15 Jul 2011
Several people injured as police use batons to break up anti-government demonstration in Amman.
At least 10 people have been injured amid efforts by police to stop clashes between demonstrators and government supporters in the center of the Jordanian capital, Amman.
Police used batons on Friday to disperse people outside city hall, beating and injuring nine journalists.
The clashes took place after about 2,000 people, including Islamists and youth groups, marched from the city's Al-Husseini mosque to the city hall.
An Al Jazeera correspondent and several other journalists, including a Reuters cameraman, said they were attacked by police.
The wounded included an AFP photographer and a female activist.

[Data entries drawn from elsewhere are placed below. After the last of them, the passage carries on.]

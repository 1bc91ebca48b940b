// The calls for a host program in C: each is the library's function of the same name (pfcp_session), with the same clauses, exported. A library is not
// linked by C, so they stand in a static library of their own. include/pfcp_session.h says what a host must pass.
//
// A slice is passed as a pointer and then its length. Every call may be given any octets and any numbers.
#![tactic(auto)]

ghost use Rattle.std.specs.Prelude.{◌≡◌};
ghost use Rattle.rules.specs.Sound.{length_for};
ghost use Rattle.unit.specs.Meaning.{settings_given};
ghost use Rattle.rules.specs.Store.{store_length};
ghost use Rattle.pfcp_session.specs.Calls.{store_call, once_call, make_call, count_call, address_count_call, request_call, restoration_call, session_count_call, find_session_call, find_teid_call, peer_count_call, counts_call};

#[unsafe(no_mangle)]
pub extern "C" fn pfcp_table_length(session_limit: u32) -> usize
    ensures { result ≡ length_for session_limit }
{
    pfcp_session::pfcp_table_length(session_limit)
}

#[unsafe(no_mangle)]
pub extern "C" fn pfcp_make_table(
    table: &mut [u8],
    ipv4: u32,
    ipv6: &[u8],
    first: u32,
    size: u32,
    first_address: u32,
    address_count: u32,
    session_limit: u32,
    address1: u32,
    guarantee1: u32,
    limit1: u32,
    address2: u32,
    guarantee2: u32,
    limit2: u32,
) -> u32
    ensures { record { outcome = result; table = table.new }
        ≡ make_call
        (settings_given ipv4 ipv6.now first size first_address address_count session_limit
        (record { address = address1; guarantee = guarantee1; limit = limit1 })
        (record { address = address2; guarantee = guarantee2; limit = limit2 }))
        table.old }
{
    pfcp_session::pfcp_make_table(
        table,
        ipv4,
        ipv6,
        first,
        size,
        first_address,
        address_count,
        session_limit,
        address1,
        guarantee1,
        limit1,
        address2,
        guarantee2,
        limit2,
    )
}

#[unsafe(no_mangle)]
pub extern "C" fn pfcp_free_count(table: &[u8], count: &mut u32) -> u32
    ensures { record { outcome = result; count = count.new } ≡ count_call table.now }
{
    pfcp_session::pfcp_free_count(table, count)
}

#[unsafe(no_mangle)]
pub extern "C" fn pfcp_free_addresses(table: &[u8], count: &mut u32) -> u32
    ensures { record { outcome = result; count = count.new } ≡ address_count_call table.now }
{
    pfcp_session::pfcp_free_addresses(table, count)
}

#[unsafe(no_mangle)]
pub extern "C" fn pfcp_request(
    table: &mut [u8],
    peer: u32,
    message: &[u8],
    reply: &mut [u8],
    used: &mut usize,
    place: &mut usize,
) -> u32
    ensures { record { outcome = result; used = used.new; place = place.new; space = reply.new; table = table.new }
        ≡ request_call table.old peer message.now reply.old }
{
    pfcp_session::pfcp_request(table, peer, message, reply, used, place)
}

#[unsafe(no_mangle)]
pub extern "C" fn pfcp_store_length() -> usize
    ensures { result ≡ store_length }
{
    pfcp_session::pfcp_store_length()
}

#[unsafe(no_mangle)]
pub extern "C" fn pfcp_make_store(store: &mut [u8]) -> u32
    ensures { record { outcome = result; store = store.new } ≡ store_call store.old }
{
    pfcp_session::pfcp_make_store(store)
}

#[unsafe(no_mangle)]
pub extern "C" fn pfcp_request_once(
    table: &mut [u8],
    peer: u32,
    store: &mut [u8],
    message: &[u8],
    reply: &mut [u8],
    used: &mut usize,
    place: &mut usize,
) -> u32
    ensures { record { outcome = result; used = used.new; place = place.new; space = reply.new; table = table.new; store = store.new }
        ≡ once_call table.old peer store.old message.now reply.old }
{
    pfcp_session::pfcp_request_once(table, peer, store, message, reply, used, place)
}

#[unsafe(no_mangle)]
pub extern "C" fn pfcp_write_restoration(
    table: &[u8],
    place: usize,
    ipv4: &[u8],
    ipv6: &[u8],
    space: &mut [u8],
    used: &mut usize,
    peer: &mut u32,
) -> u32
    ensures { record { outcome = result; used = used.new; peer = peer.new; space = space.new }
        ≡ restoration_call table.now place ipv4.now ipv6.now space.old }
{
    pfcp_session::pfcp_write_restoration(table, place, ipv4, ipv6, space, used, peer)
}

#[unsafe(no_mangle)]
pub extern "C" fn pfcp_session_count(table: &[u8], count: &mut u32) -> u32
    ensures { record { outcome = result; number = count.new } ≡ session_count_call table.now }
{
    pfcp_session::pfcp_session_count(table, count)
}

#[unsafe(no_mangle)]
pub extern "C" fn pfcp_find_session(table: &[u8], peer: u32, seid: u64, place: &mut usize) -> u32
    ensures { record { outcome = result; number = place.new } ≡ find_session_call table.now peer seid }
{
    pfcp_session::pfcp_find_session(table, peer, seid, place)
}

#[unsafe(no_mangle)]
pub extern "C" fn pfcp_find_teid(table: &[u8], teid: u32, place: &mut usize) -> u32
    ensures { record { outcome = result; number = place.new } ≡ find_teid_call table.now teid }
{
    pfcp_session::pfcp_find_teid(table, teid, place)
}

#[unsafe(no_mangle)]
pub extern "C" fn pfcp_peer_count(
    table: &[u8],
    peer: u32,
    sessions: &mut u32,
    teids: &mut u32,
) -> u32
    ensures { record { outcome = result; sessions = sessions.new; teids = teids.new } ≡ peer_count_call table.now peer }
{
    pfcp_session::pfcp_peer_count(table, peer, sessions, teids)
}

#[unsafe(no_mangle)]
pub extern "C" fn pfcp_counts(
    table: &[u8],
    sessions1: &mut u32,
    teids1: &mut u32,
    sessions2: &mut u32,
    teids2: &mut u32,
    free: &mut u32,
    addresses: &mut u32,
) -> u32
    ensures { record { outcome = result; sessions1 = sessions1.new; teids1 = teids1.new; sessions2 = sessions2.new; teids2 = teids2.new; free = free.new; free_addresses = addresses.new } ≡ counts_call table.now }
{
    pfcp_session::pfcp_counts(table, sessions1, teids1, sessions2, teids2, free, addresses)
}
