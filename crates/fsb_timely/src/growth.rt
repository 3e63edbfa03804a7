//! Laws over a run that grows by a clock: no code.

ghost use Rattle.std.specs.Prelude.{◌≡◌, ◌↔◌, ◌<◌, ◌+◌, ◌++◌, ℕ, List, [], ◌∷◌, nat_eq, length, IsTrue};
ghost use Rattle.std.specs.List.{filter};
ghost use Rattle.fsb_access.specs.Replay.{Served};
ghost use Rattle.fsb_access.specs.ScriptOrder.{InOrder};
ghost use Rattle.fsb_script.specs.Plans.{PlanView};
ghost use Rattle.fsb_signal.specs.Samples.{is_known_trace};
ghost use Rattle.fsb_timely.specs.Carried.{carries_data};
ghost use Rattle.fsb_timely.specs.Growth.{GrowsTo, IsWhole, moment_at_growth};
ghost use Rattle.fsb_timely.specs.Runs.{Run, run_to, past_of, past_to};
ghost use Rattle.fsb_timely.specs.RunsGoOn.{IsBeginning};
ghost use Rattle.fsb_timely.specs.Simulated.{Simulated};
ghost use Rattle.fsb_timely.specs.Timely.{holds_at, IsTimelyAt, Part, Timely};

/// What is said of a clock that a run has passed stays, by however many clocks the run goes on: each of the eight parts
/// holds at that clock of the run exactly where it holds there of each run of which it is a beginning. A timely run has
/// such a beginning up to each of its clocks.
pub fn passed_clocks_stay()
    ensures part { (part : Part) (r s : Run) (c : ℕ) → IsBeginning r s → IsWhole r →
        c < length r.trace →
        holds_at part s c ≡ holds_at part r c }
    ensures timely { (r s : Run) (c : ℕ) → IsBeginning r s → IsWhole r → c < length r.trace →
        IsTimelyAt r c ↔ IsTimelyAt s c }
    ensures beginning { (r : Run) (c : ℕ) → Timely r → c < length r.trace →
        IsBeginning (run_to r c) r }
    ensures whole { (r : Run) (c : ℕ) → Timely r → c < length r.trace → IsWhole (run_to r c) }
{}

/// So with the data: at a clock that a run has passed they are those that are due exactly where they are so in each run
/// of which it is a beginning.
pub fn carried_data_stay()
    ensures { (r s : Run) (c : ℕ) → IsBeginning r s → IsWhole r → c < length r.trace →
        IsTrue (holds_at carries_data r c) ↔ IsTrue (holds_at carries_data s c) }
{}

/// A run that grows by a clock is, up to that clock, itself, and up to the clock before it the run from which it grew. Its
/// moments are those of that run and the one of the new clock, and its entries of that clock are the new ones.
pub fn runs_end_at_their_clock()
    ensures run { (r s : Run) → GrowsTo r s → run_to s (length r.trace) ≡ s }
    ensures past { (r s : Run) → GrowsTo r s → past_to (past_of s) (length r.trace) ≡ past_of s }
    ensures earlier_run { (r s : Run) (n : ℕ) → GrowsTo r s → n + 1 ≡ length r.trace →
        run_to s n ≡ r }
    ensures earlier_past { (r s : Run) (n : ℕ) → GrowsTo r s → n + 1 ≡ length r.trace →
        past_to (past_of s) n ≡ past_of r }
    ensures moments { (r s : Run) → GrowsTo r s →
        (past_of s).moments ≡ (past_of r).moments ++ moment_at_growth r s ∷ [] }
    ensures entries { (r s : Run) (grows : GrowsTo r s) →
        filter (λ done. nat_eq done.clock (length r.trace)) s.log ≡ grows.next.entries }
{}

/// A simulation of no clock.
pub fn empty_runs_are_simulated()
    ensures { (plan : PlanView) →
        Simulated (record { plan = plan; choices = []; holds = []; trace = []; log = [] }) }
{}

/// A simulation that grows by a clock is one again where the parts hold at that clock, the data there are carried, and the
/// log still follows the scripts and is served.
pub fn simulations_grow()
    ensures { (r s : Run) → Simulated r → GrowsTo r s → IsTrue (is_known_trace s.trace) →
        IsTimelyAt s (length r.trace) → IsTrue (holds_at carries_data s (length r.trace)) →
        InOrder s.plan.scripts s.log → Served s.plan.mem s.log → Simulated s }
{}
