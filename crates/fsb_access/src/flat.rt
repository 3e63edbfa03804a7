ghost use Rattle.std.specs.Prelude.{◌≡◌, ℕ, ◌+◌, ◌%◌, ◌^◌, ◌<◌, ◌≤◌, IsTrue, IfOk, OnOk, OnErr, IsOk, length, take};
ghost use Rattle.fsb_access.specs.Access.{is_place, IsLawfulAccess};
ghost use Rattle.fsb_access.specs.ByteMemory.{value_of_bytes, put_bytes, set_memory};
ghost use Rattle.fsb_access.specs.FlatView.{chunk_bytes, memory_of_chunks, state_of};
ghost use Rattle.fsb_access.specs.Replay.{start_of, served_value, served_state};

use crate::access::{Access, CHUNK_BYTES, Operand, Setting};
use crate::put::number_put;
use fsb_io::Memory;
use std::alloc::Global;
use std::collections::BTreeMap;
use std::marker::Model;

/// One byte memory that all agents share, and the value that each of them loaded last: a replay as a program.
#[derive(Debug, Drop)]
pub struct Flat {
    /// The bytes of each chunk that was put to, by the chunk's number: its address divided by eight.
    chunks: BTreeMap<u64, [u8; 8]>,
    /// The value that each agent loaded last, 0 before any load.
    last: [u64; 4],
}

impl Model for Flat {
    ghost use Rattle.fsb_access.specs.FlatView.{FlatView};

    ghost Value = { FlatView };

    ghost view = { λ flat. record { chunks = flat.chunks.entries; last = flat.last } };
}

impl Flat {
    /// The memory that the settings make, before any access: later settings win, and all other bytes are 0.
    pub fn new(alloc: Global, sets: &[Setting]) -> Result<Flat, Memory>
        ensures { IfOk result (λ flat. state_of flat ≡ start_of sets.now) }
    {
        let mut flat = Flat {
            chunks: BTreeMap::new(alloc),
            last: [0; 4],
        };
        let mut done = 0;
        while done < sets.len() {
            done += flat.set(&sets[done..])?;
        }
        Ok(flat)
    }

    /// Serves one access: the value that is loaded or stored. After `Memory` nothing changed. A load takes no memory.
    pub fn serve(&mut self, agent: u8, access: &Access) -> Result<u64, Memory>
        requires symmetric { agent < 4 }
        requires lawful { IsLawfulAccess access.now }
        ensures value { IfOk result (λ value.
            value ≡ served_value (state_of self.old) agent access.now) }
        ensures moves { OnOk result (
            state_of self.new ≡ served_state (state_of self.old) agent access.now) }
        ensures stays { OnErr result (self.new ≡ self.old) }
        ensures loads { (size addr : ℕ) → access.now ≡ Access.Load size addr → IsOk result }
    {
        match access {
            Access::Load { size, addr } => Ok(self.load(agent, *size, *addr)),
            Access::Store { size, addr, value } => self.store(agent, *size, *addr, value),
        }
    }

    /// A load of so many bytes at this address.
    fn load(&mut self, agent: u8, size: u8, addr: u64) -> u64
        requires symmetric { agent < 4 }
        requires place { IsTrue (is_place size addr) }
        ensures value { result ≡ served_value (state_of self.old) agent (Access.Load size addr) }
        ensures moves { state_of self.new
            ≡ served_state (state_of self.old) agent (Access.Load size addr) }
    {
        let chunk = self.chunk(addr / CHUNK_BYTES);
        let start = (addr % CHUNK_BYTES) as usize;
        let value = value_of(&chunk[start..start + usize::from(size)]);
        self.last[usize::from(agent)] = value;
        value
    }

    /// A store of so many bytes at this address.
    fn store(&mut self, agent: u8, size: u8, addr: u64, value: &Operand) -> Result<u64, Memory>
        requires symmetric { agent < 4 }
        requires place { IsTrue (is_place size addr) }
        ensures value { IfOk result (λ number.
            number ≡ served_value (state_of self.old) agent (Access.Store size addr value.now)) }
        ensures moves { OnOk result (
            state_of self.new ≡ served_state (state_of self.old) agent
            (Access.Store size addr value.now)) }
        ensures stays { OnErr result (self.new ≡ self.old) }
    {
        let number = number_put(size, self.last[usize::from(agent)], value);
        self.put(addr, &number.to_le_bytes()[..usize::from(size)])?;
        Ok(number)
    }

    /// Puts the first settings, those up to the first one of another chunk, and answers how many they are. The chunk
    /// is read once and put back once for all of them.
    fn set(&mut self, sets: &[Setting]) -> Result<usize, Memory>
        requires { 0 < length sets.now }
        ensures some { IfOk result (λ count. 0 < count) }
        ensures within { IfOk result (λ count. count ≤ length sets.now) }
        ensures put { IfOk result (λ count.
            memory_of_chunks self.new.chunks
            ≡ set_memory (memory_of_chunks self.old.chunks) (take count sets.now)) }
        ensures last { self.new.last ≡ self.old.last }
    {
        let number = sets[0].addr / CHUNK_BYTES;
        let mut chunk = self.chunk(number);
        let mut count = 0;
        while count < sets.len() && sets[count].addr / CHUNK_BYTES == number {
            chunk[(sets[count].addr % CHUNK_BYTES) as usize] = sets[count].byte;
            count += 1;
        }
        self.chunks.insert(number, chunk)?;
        Ok(count)
    }

    /// The bytes of a chunk.
    fn chunk(&self, number: u64) -> [u8; 8]
        ensures bytes { result ≡ chunk_bytes self.now.chunks number }
        ensures eight { length result ≡ 8 }
    {
        self.chunks.get(&number).copied().unwrap_or([0; 8])
    }

    /// Puts bytes that lie within one chunk. After `Memory` nothing changed.
    fn put(&mut self, addr: u64, bytes: &[u8]) -> Result<(), Memory>
        requires { addr % 8 + length bytes.now ≤ 8 }
        ensures put { OnOk result (
            memory_of_chunks self.new.chunks
            ≡ put_bytes (memory_of_chunks self.old.chunks) addr bytes.now) }
        ensures last { self.new.last ≡ self.old.last }
        ensures stays { OnErr result (self.new ≡ self.old) }
    {
        let number = addr / CHUNK_BYTES;
        let start = (addr % CHUNK_BYTES) as usize;
        let mut chunk = self.chunk(number);
        chunk[start..start + bytes.len()].copy_from_slice(bytes);
        self.chunks.insert(number, chunk)?;
        Ok(())
    }
}

/// The number that at most eight bytes spell, the lowest first.
pub fn value_of(bytes: &[u8]) -> u64
    requires { length bytes.now ≤ 8 }
    ensures value { result ≡ value_of_bytes bytes.now }
    ensures bound { result < 256 ^ length bytes.now }
{
    match bytes {
        [] => 0,
        [first, rest @ ..] => u64::from(*first) + 0x100 * value_of(rest),
    }
}
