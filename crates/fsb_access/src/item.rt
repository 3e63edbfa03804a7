ghost use Rattle.std.specs.Prelude.{◌≡◌, List, [], ◌∷◌, ◌++◌, IfOk, OnOk, OnErr};

use crate::access::Access;
use fsb_io::Memory;
use std::alloc::Global;
use std::marker::Model;

/// The accesses of a locked item, which are performed in one step, in order.
#[derive(Debug, Drop)]
pub struct Group {
    accesses: Vec<Access>,
}

impl Model for Group {
    ghost use Rattle.std.specs.Prelude.{List};
    ghost use Rattle.fsb_access.specs.declared.access.Access.{Access};

    ghost Value = { List Access };

    ghost view = { λ g. g.accesses.items };
}

impl Group {
    /// The empty group. It takes no memory.
    pub fn new(alloc: Global) -> Self
        ensures { result ≡ [] }
    {
        Group {
            accesses: Vec::new(alloc),
        }
    }

    /// Adds an access as the last one. After `Memory` the group is as before.
    pub fn push(&mut self, access: Access) -> Result<(), Memory>
        ensures ok { OnOk result (self.new ≡ self.old ++ access ∷ []) }
        ensures err { OnErr result (self.new ≡ self.old) }
    {
        self.accesses.push(access)?;
        Ok(())
    }

    /// The accesses, the first one first.
    pub fn as_slice(&self) -> &[Access]
        ensures { result.now ≡ self.now }
    {
        self.accesses.as_slice()
    }

    /// A group of the same accesses.
    pub fn copy(&self, alloc: Global) -> Result<Self, Memory>
        ensures { IfOk result (λ g. g ≡ self.now) }
    {
        let accesses = self.accesses.as_slice().to_vec(alloc)?;
        Ok(Group { accesses })
    }
}

/// One step of a script.
#[derive(Debug, Drop)]
pub enum Item {
    /// An access by itself.
    One(Access),
    /// Accesses that are performed in one step, under the bus lock.
    Locked(Group),
    /// So many clocks spent idle.
    Idle(u32),
}

impl Item {
    /// An equal item. Only a locked one takes memory.
    pub fn copy(&self, alloc: Global) -> Result<Self, Memory>
        ensures same { IfOk result (λ item. item ≡ self.now) }
        ensures memory { OnErr result (
            (accesses : List Access) × (self.now ≡ Item.Locked accesses)) }
    {
        match self {
            Item::One(access) => Ok(Item::One(*access)),
            Item::Locked(group) => match group.copy(alloc) {
                Ok(group) => Ok(Item::Locked(group)),
                Err(memory) => Err(memory),
            },
            Item::Idle(clocks) => Ok(Item::Idle(*clocks)),
        }
    }
}

/// What one agent is asked to do, in order.
#[derive(Debug, Drop)]
pub struct Script {
    items: Vec<Item>,
}

impl Model for Script {
    ghost use Rattle.std.specs.Prelude.{List};
    ghost use Rattle.fsb_access.specs.declared.item.Item.{Item};

    ghost Value = { List Item };

    ghost view = { λ s. s.items.items };
}

impl Script {
    /// The empty script. It takes no memory.
    pub fn new(alloc: Global) -> Self
        ensures { result ≡ [] }
    {
        Script {
            items: Vec::new(alloc),
        }
    }

    /// Adds an item as the last one. After `Memory` the script is as before and the item was dropped.
    pub fn push(&mut self, item: Item) -> Result<(), Memory>
        ensures ok { OnOk result (self.new ≡ self.old ++ item ∷ []) }
        ensures err { OnErr result (self.new ≡ self.old) }
    {
        self.items.push(item)?;
        Ok(())
    }

    /// The items, the first one first.
    pub fn as_slice(&self) -> &[Item]
        ensures { result.now ≡ self.now }
    {
        self.items.as_slice()
    }

    /// A script of equal items.
    pub fn copy(&self, alloc: Global) -> Result<Self, Memory>
        ensures { IfOk result (λ script. script ≡ self.now) }
    {
        let mut items = Vec::with_capacity(alloc, self.items.len())?;
        for item in &self.items {
            items.push(item.copy(alloc)?)?;
        }
        Ok(Script { items })
    }
}
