//! What a simulated run is: which agent has which line, what an agent wants and completes, and what the bus does in each
//! clock, as definitions over a whole run.
//!
//! A run is a plan with the choices, the holds, the trace and the log that came of it. What is said of a clock is said of
//! the run up to that clock, so it stays as it is however the run goes on. The definitions are in `specs/`;
//! docs/proof/agents.md tells what the agents do, and docs/proof/bus.md how the bus moves. There is no code but laws over them.
#![tactic(auto)]

pub use asked::{answers_are_kept, asked_in_steps};
pub use growth::{
    carried_data_stay, empty_runs_are_simulated, passed_clocks_stay, runs_end_at_their_clock,
    simulations_grow,
};
pub use laws::{
    each_part_stays, hazard_lines_go_by_number, held_lines_step, held_lines_were_granted,
    moments_have_the_beginnings, moments_have_the_snoop_ends, one_snoop_end_at_a_clock,
    outstanding_requests_step, parts_are_tested, pasts_go_on, runs_grow, scripts_step,
    wants_are_new, wants_go_on, whole_pasts_go_on,
};
pub use steps::{
    earlier_bytes_stay, entries_are_of_next_items, locks_step, logs_follow_scripts,
    ready_lines_step, requests_are_wanted, wants_stay,
};

mod asked;
mod growth;
mod laws;
mod steps;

Al Jazeera's Nisreen El Shamayleh, reporting from the scene of the clashes, said: "The protesters were attacked by riot police and public security personnel at the beginning of the sit-in that they were planning to hold at Al Nakheel Square.
"They weren't allowing the protesters to enter [the square] and that is when the clashes started.
"Only after the clashes began and several people were injured that they allowed people to [begin the sit-in]."
Fahim Karim, a New York Times reporter, was beaten by 10 policemen while a photographer who works for another international news agency said he was ordered by police not to shoot the scene.
Protesters' accounts
One protester told Al Jazeera: "During the march the security forces attacked us. We had to make for the women to escape the assault as one woman had already passed out.
Another said he was kicked in the stomach by one of the royal guards while trying to protect "the women in the march".
Besides Amman, rallies for reform and against "rampant corruption" also took place in Tafileh, Man and Karak in the country's south, and in Irbid and Jerash in the north.
Our correspondent said there is a definite feeling in Jordan that there is no serious motivation to implement real and true democratic reforms in the country.
Jordan has faced a protest movement demanding political and economic reforms and an end to corruption, since January.
Security forces have previously prevented demonstrators demanding the removal of the government, but not King Abdullah, who appoints the cabinet and has wide powers, from assembling at main squares.
The clampdown appears to have been prompted by fears of mass crowds as seen in Egypt and Tunisia where long-serving leaders were overthrown earlier this year.